23. The method of claim 20, wherein said acquiring said one or more images comprises the use of optical filters.

24. The method of claim 20, said acquiring said one or more images comprises photographing and/or digitizing said images.

25. The method of claim 18, wherein said saccharide binding agents comprise lectins.

26. The method of claim 25, wherein said lectins are selected from the group consisting of colored lectins, fluorescent lectins and biotin-labeled lectins.

27-28. (canceled)

29. The method of claim 18, wherein said saccharide binding agents comprise antibodies.
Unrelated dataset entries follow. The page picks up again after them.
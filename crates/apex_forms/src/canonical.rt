//! The canonical form of a situation and of what a pace counts.
ghost use Rattle.std.specs.Prelude.{◌≡◌, ℕ};
ghost use Rattle.apex_alike.specs.Canonical.{IsFit};
ghost use Rattle.apex_choices.specs.Counts.{IsSamePaced, count_at, paced_in};
ghost use Rattle.apex_forms.specs.Forms.{canonical_paced, kept_turns, kept_worked};

use crate::forms::make_canonical;
use apex_choices::{Counts, PacedSituation};
use apex_dispatch::Situation;
use apex_machine::OpenWork;
use apex_pace::Pace;
use apex_types::{CoreId, MOST_CORES};

/// The turns count up to those of the pace.
pub(crate) fn kept_turns(pace: Pace, turns: u64) -> u64
    ensures { result ≡ kept_turns pace turns }
{
    turns.min(u64::from(pace.turns))
}

/// The ticks since open work began count up to its amount, and only for unbroken work.
pub(crate) fn kept_worked(begun: Option<OpenWork>, worked: u64) -> u64
    ensures { result ≡ kept_worked begun worked }
{
    match begun {
        Some(begun) if begun.unbroken => worked.min(u64::from(begun.work.amount.ticks())),
        _ => 0,
    }
}

/// What the pace counts, as far as it matters: the turns up to those of the pace, and the ticks
/// of unbroken work up to its amount.
fn kept_counts(paced: &PacedSituation, pace: Pace) -> Counts
    ensures turns { (core : ℕ) → count_at result.turns core
        ≡ kept_turns pace ((paced_in paced.now).turns core) }
    ensures worked { (core : ℕ) → count_at result.worked core
        ≡ kept_worked ((paced_in paced.now).situation.works core)
        ((paced_in paced.now).worked core) }
{
    paced.counts.cover_all();
    let mut counts = Counts::new();
    for number in 0..MOST_CORES as u8 {
        let core = CoreId::new(number);
        let turns = kept_turns(pace, paced.counts.turns(core));
        let worked = kept_worked(paced.work(core), paced.counts.worked(core));
        counts.set(core, turns, worked);
    }
    counts
}

/// The canonical form, in the same memory.
pub fn canonical_form(paced: PacedSituation, pace: Pace) -> PacedSituation
    requires { IsFit paced.situation.roster }
    ensures { IsSamePaced (paced_in result) (canonical_paced pace (paced_in paced)) }
{
    let counts = kept_counts(&paced, pace);
    let PacedSituation { situation, .. } = paced;
    let (mut store, objects, works, made) = situation.into_parts();
    make_canonical(&mut store);
    PacedSituation {
        situation: Situation::new(store, objects, works, made),
        counts,
    }
}
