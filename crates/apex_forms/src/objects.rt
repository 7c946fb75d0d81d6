//! The words of the objects.
ghost use Rattle.std.specs.Prelude.{◌≡◌, length};
ghost use Rattle.apex_forms.specs.declared.objects.TheConstants.{BUFFER_WORDS};
ghost use Rattle.apex_forms.specs.Objects.{blackboard_words, buffer_words};
ghost use Rattle.apex_forms.specs.Objects.{event_flag_words, mutex_words, semaphore_words};

use crate::codes::{flag_word, message_word};
use crate::parts::{Stored, put};
use apex_buffer::Buffer;
use apex_flags::{Blackboard, EventFlag};
use apex_mutex::Mutex;
use apex_semaphore::Semaphore;
use apex_store::Object;
use apex_types::MOST_MESSAGES;

/// The words of a semaphore: created or not, and its value.
pub const SEMAPHORE_WORDS: usize = 2;

/// The words of a buffer: created or not, and its messages.
pub const BUFFER_WORDS: usize = 1 + MOST_MESSAGES;

/// The words of a blackboard: created or not, and its message.
pub const BLACKBOARD_WORDS: usize = 2;

/// The words of an event flag: created or not, and up or not.
pub const EVENT_FLAG_WORDS: usize = 2;

/// The word of a mutex: created or not.
pub const MUTEX_WORDS: usize = 1;

fn semaphore_words(semaphore: &Semaphore) -> [u64; SEMAPHORE_WORDS]
    ensures { result ≡ semaphore_words semaphore.now }
{
    [
        flag_word(semaphore.is_created()),
        u64::from(semaphore.value()),
    ]
}

/// Puts the words of the buffer into these.
fn put_buffer(buffer: &Buffer, words: &mut [u64])
    requires { length words.old ≡ BUFFER_WORDS }
    ensures { words.new ≡ buffer_words buffer.now }
{
    words[0] = flag_word(buffer.is_created());
    let messages = buffer.messages();
    for place in 0..messages.len() {
        words[1 + place] = message_word(Some(messages[place]));
    }
    for behind in messages.len()..MOST_MESSAGES {
        words[1 + behind] = 0;
    }
}

fn blackboard_words(blackboard: &Blackboard) -> [u64; BLACKBOARD_WORDS]
    ensures { result ≡ blackboard_words blackboard.now }
{
    [
        flag_word(blackboard.is_created()),
        message_word(blackboard.message()),
    ]
}

fn event_flag_words(event_flag: &EventFlag) -> [u64; EVENT_FLAG_WORDS]
    ensures { result ≡ event_flag_words event_flag.now }
{
    [
        flag_word(event_flag.is_created()),
        flag_word(event_flag.is_up()),
    ]
}

fn mutex_words(mutex: &Mutex) -> [u64; MUTEX_WORDS]
    ensures { result ≡ mutex_words mutex.now }
{
    [flag_word(mutex.is_created())]
}

impl Stored for Semaphore {
    ghost use Rattle.apex_forms.specs.Objects.{semaphore_words};

    ghost stored = { semaphore_words };

    fn put(&self, words: &mut [u64], at: usize) -> usize {
        put(words, at, &semaphore_words(self))
    }
}

impl Stored for Buffer {
    ghost use Rattle.apex_forms.specs.Objects.{buffer_words};

    ghost stored = { buffer_words };

    fn put(&self, words: &mut [u64], at: usize) -> usize {
        let end = at + BUFFER_WORDS;
        put_buffer(self, &mut words[at..end]);
        end
    }
}

impl Stored for Blackboard {
    ghost use Rattle.apex_forms.specs.Objects.{blackboard_words};

    ghost stored = { blackboard_words };

    fn put(&self, words: &mut [u64], at: usize) -> usize {
        put(words, at, &blackboard_words(self))
    }
}

impl Stored for EventFlag {
    ghost use Rattle.apex_forms.specs.Objects.{event_flag_words};

    ghost stored = { event_flag_words };

    fn put(&self, words: &mut [u64], at: usize) -> usize {
        put(words, at, &event_flag_words(self))
    }
}

impl Stored for Mutex {
    ghost use Rattle.apex_forms.specs.Objects.{mutex_words};

    ghost stored = { mutex_words };

    fn put(&self, words: &mut [u64], at: usize) -> usize {
        put(words, at, &mutex_words(self))
    }
}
30. The method of claim 29, wherein said antibodies are selected from the group consisting of fluorescent antibodies, biotin-labeled antibodies and enzyme labeled antibodies.

31-32. (canceled)

33. The method of claim 1, wherein said correlating said glycosylation pattern to the state of the cell comprises comparison of said glycosylation pattern to at least one known category.

34. The method of claim 33, wherein said glycosylation pattern is computationally analyzed.

35. The method of claim 18, wherein said surface comprises a bead.

36. The method of claim 18, wherein said surface comprises an array.

37-63. (canceled)

64. A method for detecting a state of a cell, comprising:

contacting at least a portion of the total cell membrane with at least one saccharide binding agent;

determining binding of said saccharide binding agent to said total cell membrane;

determining said glycosylation pattern according to binding of said at least one saccharide binding agent to said total cell membrane; and

correlating said glycosylation pattern of said total cell membrane to the state of the cell.

65-74. (canceled)

75. The method of claim 1, wherein the cell comprises one of a whole cell, a total membrane protein extract, a homogenized cell, and a crude membrane mixture.